Not so, say officials at Schering-Plough. Although the company is a subscriber to HGS's database, Schering says it never used it to find its experimental drug. In addition, patent attorneys say HGS's claim may be weaker than those made by the other AIDS scientists. That's because those other patents, if issued, will make much more specific claims about the gene's ultimate medical usefulness.
Incyte's Patents
It's this issue of whether a patent should go to the researcher who uncovers a gene's function -- or to someone who simply uncovers a gene's existence -- that is central to the current debate addressed in part by the Clinton-Blair statement Tuesday. Incyte, for instance, has more than 375 patents and has filed for 6,500 more for genes it discovered using Dr. Venter's gene-isolating technique. But Incyte, which like HGS hasn't published its gene discoveries because it's more interested in selling rights to use them to drug makers, has only a vague idea of what many of the genes do.

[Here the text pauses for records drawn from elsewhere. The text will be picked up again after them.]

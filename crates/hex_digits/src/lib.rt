//! Reading and writing lower-case hexadecimal digits, for the programs that are run against the reference implementation.
#![tactic(auto)]

pub mod digits;
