//! The answers of cases that tell something of a state. Each reads its line, tests what the call of abs_state asks of
//! its caller, and compares what that call answers with what is told.
#![tactic(auto)]

mod answers;

pub use answers::{
    after, differs, ends, exact, gap, length, leq, made, nullness, refused, variable,
};
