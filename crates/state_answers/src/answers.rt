//! The rules that tell something of a state.

use abs_state::AbsState;
use domain_api::{Lattice, NoMemory};
use rule_text::{
    Failure, append_number, append_wide_range, asked, check, check_yes, expr, nullness_name,
    operator, reference, symbol, three_words, two_words,
};
use state_text::{
    append_value, are_alike, has_number, has_reference, has_symbol, parts, reached, state,
    state_text,
};
use std::alloc::Global;

/// What was found is right, or it is told.
fn expect(alloc: Global, found: &AbsState, is_right: bool) -> Result<(), Failure> {
    if is_right {
        Ok(())
    } else {
        Err(Failure::Found(state_text(alloc, found)?))
    }
}

/// Each state is the other.
fn are_one(a: &AbsState, b: &AbsState) -> bool {
    a.same(b) && b.same(a)
}

/// Neither state is the other.
fn are_two(a: &AbsState, b: &AbsState) -> bool {
    !a.same(b) && !b.same(a)
}

/// `after STATE`: the state is this one, and each is the other.
pub fn after(alloc: Global, found: &AbsState, argument: &str) -> Result<(), Failure> {
    let told = state(alloc, argument)?;
    expect(alloc, found, are_one(found, &told))
}

/// `differs STATE`: the state is another one.
pub fn differs(alloc: Global, found: &AbsState, argument: &str) -> Result<(), Failure> {
    let told = state(alloc, argument)?;
    expect(alloc, found, are_two(found, &told))
}

/// The state that is made of the lists of a copy.
fn made_again(alloc: Global, first: &AbsState) -> Result<Option<AbsState>, NoMemory> {
    let copy = first.copy(alloc)?;
    let lists = copy.parts(alloc)?;
    AbsState::of_parts(alloc, &lists)
}

/// The state that was made again is the first one, and has its text.
fn check_again(
    alloc: Global,
    first: &AbsState,
    again: Option<&AbsState>,
    argument: &str,
) -> Result<(), Failure> {
    let Some(again) = again else {
        return Err(Failure::Found(String::from_str(alloc, "none")?));
    };
    expect(alloc, again, again.same(first))?;
    check(state_text(alloc, again)?, argument)
}

/// `made STATE`: the lists are those of a state, and come again, also of a copy.
pub fn made(alloc: Global, argument: &str) -> Result<(), Failure> {
    let first = state(alloc, argument)?;
    let again = made_again(alloc, &first)?;
    check_again(alloc, &first, again.as_ref(), argument)
}

/// There is no state.
fn check_none(alloc: Global, found: Option<&AbsState>) -> Result<(), Failure> {
    match found {
        Some(found) => expect(alloc, found, false),
        None => Ok(()),
    }
}

/// `refused STATE`: the lists are not those of a state.
pub fn refused(alloc: Global, argument: &str) -> Result<(), Failure> {
    let lists = parts(alloc, argument)?;
    let made = AbsState::of_parts(alloc, &lists)?;
    check_none(alloc, made.as_ref())
}

/// Tells whether a state says at least as much as another one.
fn is_below(alloc: Global, found: &AbsState, other: &AbsState) -> Result<bool, Failure> {
    are_alike(found, other)?;
    Ok(found.leq(alloc, other)?)
}

/// `leq yes STATE`: whether the state says at least as much as this one.
pub fn leq(alloc: Global, found: &AbsState, argument: &str) -> Result<(), Failure> {
    let Some((told, other)) = argument.split_once(' ') else {
        return Err(Failure::Unread("yes or no, and a state"));
    };
    let other = state(alloc, other)?;
    let found = is_below(alloc, found, &other)?;
    check_yes(alloc, found, told)
}

/// `ends s1+3 = 3..12!8`: the least and the greatest of a number, and the one that it is not.
pub fn ends(alloc: Global, state: &AbsState, argument: &str) -> Result<(), Failure> {
    let (e, told) = asked(argument)?;
    let e = expr(e)?;
    reached(state)?;
    has_symbol(alloc, state, e)?;
    let mut text = String::new(alloc);
    append_wide_range(&mut text, state.ends(e))?;
    check(text, told)
}

/// `exact add.ovf s1 s2 = 5..17`: the ends that are judged for overflow.
pub fn exact(alloc: Global, state: &AbsState, argument: &str) -> Result<(), Failure> {
    let (question, told) = asked(argument)?;
    let (op, a, b) = three_words(question)?;
    let op = operator(op).ok_or(Failure::Unread("an operator"))?;
    let (a, b) = (expr(a)?, expr(b)?);
    reached(state)?;
    has_number(alloc, state, a)?;
    has_number(alloc, state, b)?;
    let (lo, hi) = state.exact_ends(op, a, b);
    check(format!(in alloc; "{lo}..{hi}")?, told)
}

/// `gap s1 s2 = 3`: how far the second symbol is known to lie above the first.
pub fn gap(alloc: Global, state: &AbsState, argument: &str) -> Result<(), Failure> {
    let (question, told) = asked(argument)?;
    let (s, t) = two_words(question)?;
    reached(state)?;
    let found = match state.gap(symbol(s)?, symbol(t)?) {
        None => String::from_str(alloc, "none")?,
        Some(far) => format!(in alloc; "{far}")?,
    };
    check(found, told)
}

/// `nullness r1 = not-null`: what is known of whether a reference is null.
pub fn nullness(alloc: Global, state: &AbsState, argument: &str) -> Result<(), Failure> {
    let (r, told) = asked(argument)?;
    reached(state)?;
    let found = nullness_name(state.nullness(reference(r)?));
    check(String::from_str(alloc, found)?, told)
}

/// `length r1 = s1+2`: the length of a reference.
pub fn length(alloc: Global, state: &AbsState, argument: &str) -> Result<(), Failure> {
    let (r, told) = asked(argument)?;
    let r = reference(r)?;
    reached(state)?;
    has_reference(alloc, state, r)?;
    let mut text = String::new(alloc);
    append_number(&mut text, state.length(r))?;
    check(text, told)
}

/// `variable 0 = s1+2`: what a variable has.
pub fn variable(alloc: Global, state: &AbsState, argument: &str) -> Result<(), Failure> {
    let (i, told) = asked(argument)?;
    let Ok(i) = i.parse::<u32>() else {
        return Err(Failure::Unread("a number of a variable"));
    };
    if u64::from(i) >= state.var_count() {
        return Err(Failure::Unmet("the variable is there"));
    }
    let mut text = String::new(alloc);
    append_value(&mut text, state.var(i))?;
    check(text, told)
}
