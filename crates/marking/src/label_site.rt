//! The own label of a class, and the nearest class or root that has one.

ghost use Rattle.std.specs.Prelude.{◌≡◌, ◌-◌, ◌∷◌, [], false, None, Some, option_map, take, length};
ghost use Rattle.iodef_tree.specs.Text.{same_path, is_root};
ghost use Rattle.iodef_tree.specs.Filled.{IsFilled};
ghost use Rattle.iodef_tree.specs.Paths.{located};
ghost use Rattle.iodef_tree.specs.View.{forest};
ghost use Rattle.marking.specs.Label.{marking_of};
ghost use Rattle.marking.specs.Marks.{incident_path, first_bad_marking, own_label, written_label, site_of, label_at};
ghost use Rattle.marking.specs.Sited.{Sites, own_in};

use crate::class::written;
use crate::fault::SiteFault;
use crate::label::Label;
use iodef_tree::{Document, Object, Path, Text};
use std::alloc::Global;

/// Returns the label written in the class at the path, or private, the default, at the Incident and at the root if
/// none is written. Returns `None` for any other class without a label, and if there is no class at the path.
/// Allocates nothing.
pub fn own<'a>(document: &'a Document, path: &Path) -> Option<Label<'a>>
    requires { first_bad_marking (located document.now) ≡ None }
    ensures { option_map marking_of result ≡ own_label (located document.now) path.now }
{
    let object = document.class(path)?;
    own_of(path.tokens(), object)
}

/// Returns the label written in the class at the path, if there is one. Allocates nothing.
pub fn written_at<'a>(document: &'a Document, path: &Path) -> Option<Label<'a>>
    ensures { option_map marking_of result ≡ written_label (located document.now) path.now }
{
    if !document.has_class(path) {
        return None;
    }
    let object = document.class(path)?;
    written(object)
}

/// Returns the class or root whose label holds at the path, by its path, and that label: the nearest one at or above
/// the path that has an own label (RFC 7970 section 3.3.1).
///
/// Fails with NoClass if the path is neither that of a class nor the root's; with NoMemory if memory runs out.
pub fn site<'a>(
    alloc: Global,
    document: &'a Document,
    path: &Path,
) -> Result<(Path, Label<'a>), SiteFault>
    requires { first_bad_marking (located document.now) ≡ None }
    ensures { Sites result (located document.now) path.now }
{
    // The paths are copied by `Path::clone`, which takes the global allocator by itself.
    let _ = alloc;
    if document.class(path).is_none() {
        return Err(SiteFault::NoClass);
    }
    Ok(nearest(document, path.clone()?))
}

/// Goes up from the path to the nearest class or root with an own label.
fn nearest<'a>(document: &'a Document, path: Path) -> (Path, Label<'a>)
    requires { first_bad_marking (located document.now) ≡ None }
    ensures site { result.0 ≡ site_of (located document.now) path }
    ensures label { marking_of result.1 ≡ label_at (located document.now) path }
{
    match own(document, &path) {
        Some(label) => (path, label),
        None => nearest(document, without_last(path)),
    }
}

/// Returns the path without its last token.
fn without_last(path: Path) -> Path
    requires { is_root path ≡ false }
    ensures { result ≡ take (length path - 1) path }
{
    let mut tokens = path.into_tokens();
    let count = tokens.as_slice().len();
    tokens.truncate(count - 1);
    Path::new(tokens)
}

/// Returns the own label of the class or root at the path of these tokens.
fn own_of<'a>(tokens: &[Text], object: &'a Object) -> Option<Label<'a>>
    requires { IsFilled object.now }
    ensures { option_map marking_of result ≡ own_in tokens.now (forest object.now) }
{
    if tokens.is_empty() {
        return Some(Label::Private);
    }
    match written(object) {
        Some(label) => Some(label),
        None => {
            match tokens {
                [first, second] if is_incident(first.as_str(), second.as_str()) => {
                    Some(Label::Private)
                }
                _ => None,
            }
        }
    }
}

/// Returns whether the path of these two reference tokens is that of the Incident of a document. No path with fewer or
/// more tokens is. Allocates nothing.
pub fn is_incident(first: &str, second: &str) -> bool
    ensures { result ≡ same_path (first.now ∷ second.now ∷ []) incident_path }
{
    first == "Incident" && second == "0"
}
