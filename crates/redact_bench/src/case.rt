//! The case by which a report is judged.

use crate::asked::{Asked, Call};
use iodef_tree::Path;
use policy::{Case, Gate, Gates, Grantee, Permission, Permissions};
use std::alloc::{AllocError, Global};

/// The number of the reader and of the reader's organisation.
pub const READER: u32 = 2;

/// Returns the path of an element of the array.
fn element(alloc: Global, array: &Path, place: u32) -> Result<Path, AllocError> {
    let place = format!(in alloc; "{place}")?;
    array.member(alloc, place.as_str())
}

/// Returns gates that only the source passes, at the first elements of the array.
fn gates_at(alloc: Global, array: &Path, count: u32) -> Result<Vec<Gate>, AllocError> {
    let mut gates = Vec::new(alloc);
    for place in 0..count {
        let path = element(alloc, array, place)?;
        gates.push(Gate {
            path,
            level: 0,
            group: None,
        })?;
    }
    Ok(gates)
}

/// Returns permissions for the reader, at the elements behind the first ones.
fn permissions_behind(
    alloc: Global,
    array: &Path,
    first: u32,
    count: u32,
) -> Result<Vec<Permission>, AllocError> {
    let mut permissions = Vec::new(alloc);
    for place in 0..count {
        let path = element(alloc, array, first.saturating_add(place))?;
        permissions.push(Permission {
            path,
            grantee: Grantee::Org(READER),
            until: None,
        })?;
    }
    Ok(permissions)
}

/// Returns the case that is asked for. For a text a gate at the root lets everybody pass.
pub fn case_of(alloc: Global, array: &Path, asked: Asked) -> Result<Case, AllocError> {
    let mut gates = gates_at(alloc, array, asked.gates)?;
    if asked.call == Call::Text {
        gates.push(Gate {
            path: Path::root(alloc),
            level: 3,
            group: None,
        })?;
    }
    let permissions = permissions_behind(alloc, array, asked.gates, asked.permissions)?;
    Ok(Case {
        source: 1,
        community: None,
        gates: Gates::new(gates),
        permissions: Permissions::new(permissions),
    })
}
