//! A report, redacted or searched again and again.

ghost use Rattle.std.specs.Prelude.{◌≡◌, None};
ghost use Rattle.iodef_tree.specs.Paths.{located};
ghost use Rattle.marking.specs.Marks.{first_bad_marking};

use crate::asked::{Asked, Call};
use crate::case::{READER, case_of};
use iodef_tree::{Document, Path, PathFault, ReadFault};
use marking::{MarkingFault, check};
use policy::{Case, Standing};
use redact::{excerpt, finds};
use std::alloc::{AllocError, Global};

/// The answer of the last call (the excerpt's text if it is asked for, visible classes or hits, withheld pairs), and
/// the bytes of all texts.
#[derive(Drop)]
pub struct Answered {
    pub text: String,
    pub bytes: u64,
    pub classes: u32,
    pub withheld: usize,
}

fn nothing(alloc: Global) -> Answered {
    Answered {
        text: String::new(alloc),
        bytes: 0,
        classes: 0,
        withheld: 0,
    }
}

fn serve(
    alloc: Global,
    document: &Document,
    case: &Case,
    reader: &Standing,
    call: Call,
) -> Result<Answered, AllocError>
    requires { first_bad_marking (located document.now) ≡ None }
{
    let Some(excerpt) = excerpt(alloc, document, case, reader)? else {
        return Ok(nothing(alloc));
    };
    let text = match call {
        Call::Text => excerpt.document.text(alloc)?,
        _ => String::new(alloc),
    };
    Ok(Answered {
        text,
        bytes: 0,
        classes: excerpt.classes,
        withheld: excerpt.withheld.len(),
    })
}

fn answer(
    alloc: Global,
    document: &Document,
    case: &Case,
    reader: &Standing,
    call: Call,
) -> Result<Answered, AllocError>
    requires { first_bad_marking (located document.now) ≡ None }
{
    if call == Call::Finds {
        let found = finds(alloc, document, case, reader, "nowhere", None)?;
        let mut answered = nothing(alloc);
        answered.classes = u32::from(found);
        return Ok(answered);
    }
    serve(alloc, document, case, reader, call)
}

fn in_turns(
    alloc: Global,
    document: &Document,
    array: &Path,
    asked: Asked,
) -> Result<Answered, AllocError>
    requires { first_bad_marking (located document.now) ≡ None }
{
    let case = case_of(alloc, array, asked)?;
    // Nothing else holds of the reader, so it is cleared only for CLEAR.
    let mut reader = Standing::stranger(alloc, READER, READER);
    reader.source = asked.call == Call::Source;
    let mut last = nothing(alloc);
    for _ in 0..asked.turns {
        let bytes = last.bytes;
        last = answer(alloc, document, &case, &reader, asked.call)?;
        last.bytes = bytes.saturating_add(last.text.len() as u64);
    }
    Ok(last)
}

/// Returns the answer for a document whose markings are accepted.
fn of_accepted(
    alloc: Global,
    document: &Document,
    array: &Path,
    asked: Asked,
) -> Result<Option<Answered>, AllocError> {
    match check(alloc, document) {
        Ok(()) => Ok(Some(in_turns(alloc, document, array, asked)?)),
        Err(MarkingFault::BadMarking(_)) => Ok(None),
        Err(MarkingFault::NoMemory) => Err(AllocError),
    }
}

/// Returns the last Incident of the report, or `None` if it isn't read.
fn document_of(alloc: Global, report: &[u8]) -> Result<Option<Document>, AllocError> {
    match Document::read(alloc, report) {
        Ok(mut documents) => Ok(documents.pop()),
        Err(ReadFault::NoMemory) => Err(AllocError),
        Err(_) => Ok(None),
    }
}

/// Returns the path of the pointer, or `None` if it is none.
fn array_of(alloc: Global, pointer: &[u8]) -> Result<Option<Path>, AllocError> {
    match Path::parse(alloc, std::str::from_utf8(pointer).unwrap_or("?")) {
        Ok(path) => Ok(Some(path)),
        Err(PathFault::BadPath) => Ok(None),
        Err(PathFault::NoMemory) => Err(AllocError),
    }
}

fn of_parts(
    alloc: Global,
    report: &[u8],
    pointer: &[u8],
    asked: Asked,
) -> Result<Option<Answered>, AllocError> {
    match (document_of(alloc, report)?, array_of(alloc, pointer)?) {
        (Some(document), Some(array)) => of_accepted(alloc, &document, &array, asked),
        _ => Ok(None),
    }
}

/// Returns the answer after so many turns, or `None` if the report isn't accepted or the second line is no pointer.
pub fn answer_in_turns(
    alloc: Global,
    input: &[u8],
    asked: Asked,
) -> Result<Option<Answered>, AllocError> {
    if asked.call == Call::Text {
        return of_parts(alloc, input, b"", asked);
    }
    let mut lines = input.split(|byte| *byte == b'\n');
    let report = lines.next().unwrap_or(b"");
    let pointer = lines.next().unwrap_or(b"");
    of_parts(alloc, report, pointer, asked)
}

Some worry that allowing patents on genes whose function is only surmised will make scientists reluctant to take on the difficult task of figuring out the genes' precise role in the human body. But others, notably at Pfizer, say patent protection provided through licenses from gene hunters bolsters their willingness to develop drugs based on genes.
In fact, the Patent Office is tightening its rules pertaining to genes, saying it no longer will issue a patent for a gene unless the discoverer can describe in some detail what it does. The effect of this change on Incyte or HGS still isn't known. Dr. Haseltine agrees that final determination of whether drug makers must license his patent may require lengthy negotiations or even court fights, and he says all parties may have to cross-license.
Finally, many gene-hunting scientists, especially in academia, feel the HGS patent is unfair, in that the work underlying the discovery simply used a lot of computerized software, rather than years of investigation, to find the gene and its likely involvement as one of a host of receptor genes. In a nutshell, their argument is that if it weren't for the other researchers homing in on the gene's specific role in HIV, Dr. Haseltine's early patent would have continued to languish and be essentially worthless.
Dr. Haseltine, once an academic himself, is sympathetic but says he is just playing by existing patent rules, which give highest claims to the person who finds something first. "I would imagine Dr. Berger must feel like a great detective who after many years tracks down a murderer, only to find the fellow already has been incarcerated by someone else for a different crime," Dr. Haseltine says. "I think that sums up the situation pretty well."
--Ralph T. King Jr. contributed to this article.